With the current error $e\left(t\right)$ defined as:

$$e\left(t\right)=\{\begin{array}{ll}{e}_{+}\left(t\right)=i_{rk}-\left(i_k+m_{+}t\right)\hfill & \mathrm{if}0\le t<t_1\hfill \\ e_{-}\left(t\right)=i_{rk}-\left(i_{t_1}+m_{-}\left(t-t_1\right)\right)\hfill & \mathrm{if}{t}_1\le t\le T_{sw}\hfill \end{array}$$

(3)

$i_{t_1}$ is the current at the switching point given by:

$$i_{t_1}=i_k+m_{+}{t}_1$$

(4)

The optimization problem (2) can be solved analytically by first computing the one-cycle integral error as:

$${{\displaystyle \int }}_0^{T_{sw}}e\left(t\right)dt={{\displaystyle \int }}_0^{t_1}{e}_{+}\left(t\right)dt+{{\displaystyle \int }}_{t_1}^{T_{sw}}{e}_{-}\left(t\right)dt$$

(5)

The integral of the error when the switch is ON is:

$${{\displaystyle \int }}_0^{t_1}{e}_{+}\left(t\right)dt={{\displaystyle \int }}_0^{t_1}\underset{e_k}{\underbrace{\left(i_{rk}-i_k\right)}}-m_{+}tdt=\left(e_k-\frac{m_{+}}{2}{t}_1\right)t_1$$

(6)

The integral of the error when the switch is OFF is:

$$\begin{array}{cc}& {{\displaystyle \int }}_{t_1}^{T_{sw}}{e}_{-}\left(t\right)dt={{\displaystyle \int }}_{t_1}^{T_{sw}}{i}_{rk}-i_{t1}-m_{-}\left(t-t_1\right)dt \\ =& e_k\left(T_{sw}-t_1\right)-m_{+}{t}_1\left(T_{sw}-t_1\right)-\frac{m_{-}}{2}{\left(T_{sw}-t_1\right)}^2\end{array}$$

(7)

Finally, adding both integrals yields the following expression:

$${{\displaystyle \int }}_0^{T_{sw}}e\left(t\right)dt=\left(\frac{m_{+}-m_{-}}{2}\right)t_1{}^2+\left(m_{-}-m_{+}\right)t_1{T}_{sw}+\left(e_k-\frac{m_{-}}{2}{T}_{sw}\right)T_{sw}$$

(8)

As a result, the integral of the error is a quadratic polynomial in $t_1$, equivalently in $t_{on}$, defined as, and given by:

$$p\left(t_{on}\right)=\underset{a}{\underbrace{\left(\frac{m_{+}-m_{-}}{2}\right)}}{t}_{on}{}^2+\underset{b}{\underbrace{\left(m_{-}-m_{+}\right)T_{sw}}}{t}_{on}+\underset{c}{\underbrace{\left(e_k-\frac{m_{-}}{2}{T}_{sw}\right)T_{sw}}}$$

(9)

The polynomial$p\left(t_{on}\right)$ has the following properties:

• The quadratic function is convex, because $\frac{d^{2}p\left(t_{on}\right)}{d{t}_{on}{}^2}=m_{+}-m_{-}>0$.
• The minimum of the function is always at $t_{on}=T_{sw}$, because $\frac{dp\left(t_{on}\right)}{d{t}_{on}}=0=\left(m_{+}-m_{-}\right)t_{on}+\left(m_{-}-m_{+}\right)T_{sw}$ and $\frac{dp\left(t_{on}\right)}{d{t}_{on}}=0$ yields $t_{on}=T_{sw}$.

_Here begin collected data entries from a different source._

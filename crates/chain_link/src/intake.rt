//! Which entries of those that are passed on go into the log.

ghost use Rattle.std.specs.Prelude.{◌≡◌, ◌++◌, length, IfOk, OnOk, OnErr};
ghost use Rattle.kr_protocol.specs.Server.{missing};

use cmd_log::Log;
use kr_order::{Entries, NoMemory};

/// Takes exactly those of the entries, the first of which has the place `first`, that are past the log's end: none
/// where a place between is missing, and none that the log has. How many it took. After `NoMemory` the log is as
/// before.
pub fn receive(log: &mut Log, first: u64, entries: &Entries) -> Result<u64, NoMemory>
    ensures ok { OnOk result (log.new ≡ log.old ++ missing log.old first entries.now) }
    ensures count { IfOk result (λ count. count ≡ length (missing log.old first entries.now)) }
    ensures err { OnErr result (log.new ≡ log.old) }
{
    let next = log.len() + 1;
    if first > next {
        return Ok(0);
    }
    let held = ((next - first) as usize).min(entries.len());
    let missing = entries.as_slice().split_at(held).1;
    log.push_all(missing)?;
    Ok(missing.len() as u64)
}
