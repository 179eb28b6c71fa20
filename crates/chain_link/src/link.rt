//! How many entries the next server is known to have, and the packet with those that it may lack.

ghost use Rattle.std.specs.Prelude.{◌≡◌, ◌<◌, length, max, min, None, IfOk, OnErr};
ghost use Rattle.kr_protocol.specs.Server.{window_of};

use cmd_log::Log;
use kr_order::{Message, NoMemory, Node, Packet, Packets, ServerId};
use std::alloc::Global;

// So many entries are sent in one message at the most.
const WINDOW_ENTRIES: usize = 16;

/// The link to the next server, if there is one.
#[derive(Clone, Copy, Debug, PartialEq, Eq)]
pub struct Link {
    next: Option<ServerId>,
    fed: u64,
}

impl Link {
    /// The link to no server.
    pub fn new() -> Self
        ensures next { result.next ≡ None }
        ensures fed { result.fed ≡ 0 }
    {
        Link { next: None, fed: 0 }
    }

    /// The next server is this one from now on. One that is not the one before is not known to have any entry.
    pub fn aim(&mut self, next: Option<ServerId>)
        ensures next { self.new.next ≡ next }
        ensures same { self.old.next ≡ next → self.new.fed ≡ self.old.fed }
        ensures other { ¬ (self.old.next ≡ next) → self.new.fed ≡ 0 }
    {
        if self.next != next {
            self.fed = 0;
        }
        self.next = next;
    }

    /// The next server; `None` where there is none.
    pub fn next(&self) -> Option<ServerId>
        ensures { result ≡ self.now.next }
    {
        self.next
    }

    /// How many entries the next server is known to have.
    pub fn fed(&self) -> u64
        ensures { result ≡ self.now.fed }
    {
        self.fed
    }

    /// The packet of this server with the entries that the next one is not known to have, the first 16 of them; none
    /// exactly where there is no next server, or the log has none of these. `NoMemory` comes only where there is one.
    pub fn window(&self, alloc: Global, id: ServerId, log: &Log) -> Result<Packets, NoMemory>
        ensures packets { IfOk result (λ packets. packets ≡ window_of id self.now.next self.now.fed log.now) }
        ensures err { OnErr result (0 < length (window_of id self.now.next self.now.fed log.now)) }
    {
        let mut packets = Packets::new(alloc);
        let Some(to) = self.next else {
            return Ok(packets);
        };
        if log.len() <= self.fed {
            return Ok(packets);
        }
        let first = self.fed + 1;
        let entries = log.suffix(first, WINDOW_ENTRIES)?;
        packets.push(Packet {
            from: Node::Server(id),
            to: Node::Server(to),
            message: Message::Append { first, entries },
        })?;
        Ok(packets)
    }

    /// The next server tells that its log has so many entries, and the own log has so many. What it is known to
    /// have never becomes less.
    pub fn heard(&mut self, len: u64, own: u64)
        ensures next { self.new.next ≡ self.old.next }
        ensures fed { self.new.fed ≡ max self.old.fed (min len own) }
    {
        self.fed = self.fed.max(len.min(own));
    }
}
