//! The link from a server to the next one in its chain: which entries are passed on, and which are taken.
//!
//! Contracts see a `Link` by the next server, and by how many entries this one is known to have. The next entries
//! behind these are sent in one message, at most 16 at a time, and sent again until they are acknowledged.
#![tactic(auto)]

mod intake;
mod link;

pub use intake::receive;
pub use link::Link;
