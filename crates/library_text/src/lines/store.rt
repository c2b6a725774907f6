// The store of a cell's header into the library table.
ghost use Rattle.std.specs.Prelude.{◌≡◌, ◌+◌, ◌≤◌, length};
ghost use Rattle.std.proofs.lemmas.List.Edits.{sets};
ghost use Rattle.sizes.specs.Sizes as Size;
ghost use Rattle.library_table.specs.Layout.{heading_number};
ghost use Rattle.library_text.specs.Headers.{header_put};

use crate::Head;
use library_table::cells::cell_place;
use table::put;

fn put_bytes(table: &mut [u32], at: usize, name: &[u8])
    requires { (at ≤ Size.library + 1) × (length name.now ≤ Size.name_bytes) }
    ensures { table.new ≡ sets table.old at name.now }
{
    for (i, b) in name.iter().enumerate() {
        put(table, at + i, u32::from(*b));
    }
}

// The name, the pins and the heading of a cell.
#[tactic(auto, unfolding(crate::specs::Headers::header_put))]
pub fn put_header(table: &mut [u32], cell: u32, name: &[u8], head: Head)
    requires { (cell ≤ Size.cells) × (length name.now ≤ Size.name_bytes) }
    ensures { table.new
        ≡ header_put cell name.now head.pins (heading_number head.heading) table.old }
{
    let at = cell_place(cell);
    put(table, at, name.len() as u32);
    put_bytes(table, at + 1, name);
    put(table, at + sizes::PINS_AT, head.pins);
    put(table, at + sizes::HEADING_AT, head.heading.number());
}
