#[test]
fn faults_leave_runs_open(rt: HostRuntime) -> Result<(), Fail> {
    for (input, output) in FAILING_PULLS {
        let manner = Manner {
            failing_pulls: &[1],
            ..STEADY
        };
        expect_turns(&rt, rt.alloc(), manner, (input, output, End::ReadFault))?;
    }
    for (push, partial_pushes, output) in FAILING_PUSHES {
        let manner = Manner {
            failing_pushes: &[push],
            partial_pushes,
            ..STEADY
        };
        expect_turns(&rt, rt.alloc(), manner, (SET.0, output, End::WriteFault))?;
    }
    Ok(())
}

// No run is open on a session's next link, however it left the one before.
#[test]
fn no_run_outlives_its_link(rt: HostRuntime) -> Result<(), Fail> {
    let alloc = rt.alloc();
    let mut session = Session::new(alloc)?;
    let failing = Manner {
        failing_pulls: &[1],
        ..STEADY
    };
    for (input, output) in FAILING_PULLS {
        let row = (input, output, End::ReadFault);
        expect_of(&rt, alloc, &mut session, failing, row)?;
        session.fresh();
        expect_of(&rt, alloc, &mut session, STEADY, SET)?;
        session.fresh();
    }
    // Three turns: a pull, and two commands of a run of three.
    let mut link = link_of(alloc, SET.0, STEADY)?;
    let mut desk = desk_of(alloc)?;
    let turned = turns(&mut session, &mut desk, &mut link, 3);
    assert_eq!(rt; turned.end, None);
    assert!(rt; link.sent().is_empty());
    session.fresh();
    expect_of(&rt, alloc, &mut session, STEADY, FAILED)?;
    Ok(())
}
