//! The program of the register over memory alone, for a first look. It has no store and no connections, and so is
//! compiled in less than half the time. If the first word is `sessions`, it runs the worked examples of the files that
//! the others name.
#![tactic(auto)]

mod commands;
mod reporting;
mod sessions;
mod stores;
mod trial;

use commands::run_words;
use program_words::{tell, words};
use sessions::run_files;
use std::io;
use std::process::ExitCode;

fn main(rt: HostRuntime) -> io::Result<ExitCode> {
    let status = match words(&rt) {
        Ok(words) => match files_in(&words) {
            Some(files) => run_files(&rt, &rt, files)?,
            None => run_words(&rt, &rt, &words),
        },
        Err(status) => {
            tell(&rt, status, &[]);
            status
        }
    };
    Ok(ExitCode::from(status))
}

// The files whose sessions are run, if the words ask for that.
fn files_in(words: &[String]) -> Option<&[String]> {
    match words.split_first() {
        Some((first, files)) if first.as_str() == "sessions" => Some(files),
        _ => None,
    }
}
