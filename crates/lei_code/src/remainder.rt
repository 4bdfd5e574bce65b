//! The remainder by 97 of a text's number.
ghost use Rattle.std.specs.Prelude.{◌≡◌, ◌%◌, ◌<◌, length, IfOk, IfErr, OnOk};
ghost use Rattle.lei_code.specs.Number.{number};
ghost use Rattle.lei_code.specs.Code.{IsWellFormed};
ghost use Rattle.lei_code.specs.Fault.{IsCharacterFault};

use crate::fault::LeiFault;

/// The remainder of a text's number modulo 97, read byte by byte, or its first wrong character. A division takes longer
/// than all else that is done for a byte, so the number is reduced only before it gets too large.
#[tactic(auto, using(crate::proofs::Remainders::remainder_steps))]
pub fn remainder_of(text: &[u8]) -> Result<u32, LeiFault>
    requires { length text.now < 256 }
    ensures remainder { IfOk result (λ remainder. remainder ≡ number text.now % 97) }
    ensures well_formed { OnOk result (IsWellFormed text.now) }
    ensures fault { IfErr result (IsCharacterFault text.now) }
{
    let mut number = 0;
    for (index, byte) in text.iter().enumerate() {
        let front = reduced(number);
        number = match *byte {
            digit @ b'0'..=b'9' => front * 10 + u64::from(digit - b'0'),
            letter @ b'A'..=b'Z' if index < 18 => front * 100 + u64::from(letter - b'A') + 10,
            _ => return Err(LeiFault::Character(index as u8 + 1)),
        };
    }
    Ok((number % 97) as u32)
}

// A number with the same remainder modulo 97 that is below 10^16. With one more character it fits in 64 bits.
fn reduced(number: u64) -> u64
    ensures same { result % 97 ≡ number % 97 }
    ensures small { result < 10_000_000_000_000_000 }
{
    if number < 10_000_000_000_000_000 {
        number
    } else {
        number % 97
    }
}
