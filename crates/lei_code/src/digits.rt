//! The check digits of a code.
ghost use Rattle.std.specs.Prelude.{◌≡◌, ◌↔◌, ◌++◌, ◌≤◌, IfOk, IsOk};
ghost use Rattle.std.specs.Result.{result_err};
ghost use Rattle.lei_code.specs.declared.fault.LeiFault.{LeiFault};
ghost use Rattle.lei_code.specs.Number.{number};
ghost use Rattle.lei_code.specs.Code.{IsValid, IsWellFormed};
ghost use Rattle.lei_code.specs.Digits.{digits};
ghost use Rattle.lei_code.specs.Fault.{IsCharacterFault, character_fault};

use crate::fault::LeiFault;
use crate::remainder::remainder_of;

/// The two check digits for a code's first 18 characters. Its only fault is `Character`.
#[tactic(auto, using(crate::proofs::Made::made_digits))]
pub fn check_digits(text: &[u8; 18]) -> Result<[u8; 2], LeiFault>
    ensures value { IfOk result (λ made. made ≡ digits text.now) }
    ensures well_formed { IsOk result ↔ IsWellFormed text.now }

    // With them the text is a code, and they are in 02 to 98.
    ensures valid { IfOk result (λ made. IsValid (text.now ++ made)) }
    ensures at_least_2 { IfOk result (λ made. 2 ≤ number made) }
    ensures at_most_98 { IfOk result (λ made. number made ≤ 98) }

    ensures fault { (fault : LeiFault) → (result ≡ Err fault) ↔ IsCharacterFault text.now fault }

    // The same as a function, for definitions that compute.
    ensures computed { result_err result ≡ character_fault text.now }
{
    let check = 98 - remainder_of(text)? * 100 % 97;
    Ok([b'0' + (check / 10) as u8, b'0' + (check % 10) as u8])
}
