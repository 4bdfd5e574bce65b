//! Laws of the definitions. Each is the contract of a function that does nothing.
ghost use Rattle.std.specs.Prelude.{◌≡◌, ◌↔◌, ◌++◌, ◌≤◌, length, Some, None};
ghost use Rattle.lei_code.specs.declared.fault.LeiFault.{LeiFault};
ghost use Rattle.lei_code.specs.Number.{number};
ghost use Rattle.lei_code.specs.Code.{IsValid, IsWellFormed};
ghost use Rattle.lei_code.specs.Digits.{digits};
ghost use Rattle.lei_code.specs.Texts.{Text};
ghost use Rattle.lei_code.specs.Fault.{IsFault, IsCharacterFault, fault_of, character_fault};

/// Check digits complete 18 characters that are allowed at their positions to a code. They are in 02 to 98, and no
/// other digits in that range do.
pub fn digits_make_codes()
    ensures valid { (text : Text) → length text ≡ 18 → IsWellFormed text → IsValid (text ++ digits text) }
    ensures at_least_2 { (text : Text) → 2 ≤ number (digits text) }
    ensures at_most_98 { (text : Text) → number (digits text) ≤ 98 }
    ensures only { (text made : Text) → length text ≡ 18 → IsValid (text ++ made)
        → 2 ≤ number made → number made ≤ 98 → made ≡ digits text }
{}

/// The computed fault of a text is the one that the relation states.
pub fn computed_faults_are_faults()
    ensures fault { (text : Text) (fault : LeiFault) → (fault_of text ≡ Some fault) ↔ IsFault text fault }
    ensures valid { (text : Text) → (fault_of text ≡ None) ↔ IsValid text }

    ensures character_fault { (text : Text) (fault : LeiFault) →
        (character_fault text ≡ Some fault) ↔ IsCharacterFault text fault }
    ensures well_formed { (text : Text) → (character_fault text ≡ None) ↔ IsWellFormed text }
{}
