// Codes in the order of their texts, byte by byte. As all have 20 bytes, it is the order of the numbers that the bytes
// form, the first byte being the most significant.
ghost use Rattle.std.specs.Prelude.{◌≡◌, Some, take, drop, refl};
ghost use Rattle.std.specs.Cmp.{unsigned_po};
ghost use Rattle.std.specs.Cmp.Lexicographic.{slice_cmp, slice_partial_cmp, lists_po, lists_agrees, nat_list_cmp_total, texts_ties};
ghost use Rattle.std.specs.Int.{w128, w32, from_be_bytes};
ghost use Rattle.std.specs.Ordering.{nat_cmp};

use crate::code::Lei;
use std::cmp::Ordering;

impl PartialOrd for Lei {
    ghost partial_cmp = { slice_partial_cmp (λ x y. Some (nat_cmp x y)) };

    ghost laws = { lists_po unsigned_po };

    fn partial_cmp(&self, other: &Self) -> Option<Ordering> {
        Some(self.cmp(other))
    }
}

impl Ord for Lei {
    ghost cmp = { slice_cmp nat_cmp };

    ghost total = { nat_list_cmp_total };

    ghost matches_partial_cmp = { lists_agrees (λ x y. refl) };

    ghost matches_eq = { texts_ties };

    fn cmp(&self, other: &Self) -> Ordering {
        compare(&self.text(), &other.text())
    }
}

fn compare(text: &[u8; 20], other: &[u8; 20]) -> Ordering
    ensures { result ≡ slice_cmp nat_cmp text.now other.now }
{
    match front(text).cmp(&front(other)) {
        Ordering::Equal => back(text).cmp(&back(other)),
        unequal => unequal,
    }
}

// The number of the first 16 bytes.
fn front(text: &[u8; 20]) -> u128
    ensures { result ≡ from_be_bytes w128 (take 16 text.now) }
{
    match text.first_chunk::<16>() {
        Some(bytes) => u128::from_be_bytes(*bytes),
        None => unreachable!(),
    }
}

// The number of the last 4 bytes.
fn back(text: &[u8; 20]) -> u32
    ensures { result ≡ from_be_bytes w32 (drop 16 text.now) }
{
    match text.last_chunk::<4>() {
        Some(bytes) => u32::from_be_bytes(*bytes),
        None => unreachable!(),
    }
}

Note that the function to be minimized is not $p\left(t_{on}\right)$, but its absolute value $\left|p\left(t_{on}\right)\right|$. Its minimum $(t_{on}{}^{*}$) can be obtained by the following procedure:

• Compute $p\left(T_{sw}\right)$. If $p\left(T_{sw}\right)\ge 0$, the optimizer is $t_{on}{}^{*}=T_{sw}$, and the optimal value is $p\left(T_{sw}\right)$. This condition is equivalent to $e_k\ge \frac{m_{+}}{2}{T}_{sw}$.
• Compute $p\left(0\right)$. If $p\left(0\right)\le 0$, the optimizer is $t_{on}{}^{*}=0$, and the optimal value is $\left|p\left(0\right)\right|$, because p(t_on) is convex and, with a minimum at $t_{on}=T_{sw}$, if p(0) is negative, then p(0) is the maximum value for t_on$\in$ [0, T_sw] and as we take the absolute value $\left|p\left(t_{on}\right)\right|$, it follows that p(0) is positive and the minimum value for t_on$\in$ [0, T_sw]. This condition is equivalent to $e_k\le \frac{m_{-}}{2}{T}_{sw}$.
• Finally, if $\frac{m_{-}}{2}{T}_{sw}\le e_k\le \frac{m_{+}}{2}{T}_{sw}$, the optimal $t_{on}{}^{*}$ is obtained by the solution of $p\left(t_{on}\right)=0$, that is given by:

$$t_{on}{}^{*}=T_{sw}-\sqrt{T_{sw}{}^2-\frac{\left(2e_k-m_{-}{T}_{sw}\right)T_{sw}}{m_{+}-m_{-}}}$$

(10)

3.1. Control Algorithm

The control algorithm requires us to measure the phase current at the beginning of each switching cycle ($i_k$) in order to compute the current error $e_k=i_{rk}-i_k$. Depending on the value of the current error $e_k$, the optimal control action to be applied is:

• If $e_k\ge \frac{m_{+}}{2}{T}_{sw}$, then $t_{on}{}^{*}=T_{sw}$.
• If $e_k\le \frac{m_{-}}{2}{T}_{sw}$, then $t_{on}{}^{*}=0$.
• If $\frac{m_{-}}{2}{T}_{sw}\le e_k\le \frac{m_{+}}{2}{T}_{sw}$, then

$$t_{on}{}^{*}=T_{sw}-\sqrt{T_{sw}{}^2-\frac{\left(2e_k-m_{-}{T}_{sw}\right)T_{sw}}{m_{+}-m_{-}}}$$

The following remarks are in order:

• The optimization problem achieves the minimum value of 0 when $\frac{m_{-}}{2}{T}_{sw}\le e_k\le \frac{m_{+}}{2}{T}_{sw}$. In this case, the control provides the one-cycle zero integral error.
• In the case that $e_k\ge \frac{m_{+}}{2}{T}_{sw}$ or $e_k\le \frac{m_{-}}{2}{T}_{sw}$, the minimum value achieved is greater than zero and the one-cycle zero integral error property is no longer achieved, although the algorithm still minimizes its value. These cases arise when the value of the error is so large that it saturates the control action (i.e., $t_{on}{}^{*}=T_{sw}$ or $t_{on}{}^{*}=0$).
• In general, slopes $m_{+}$ and $m_{-}$ are not constant but time varying in each switching cycle. Hence, the slopes must be updated accordingly in each cycle.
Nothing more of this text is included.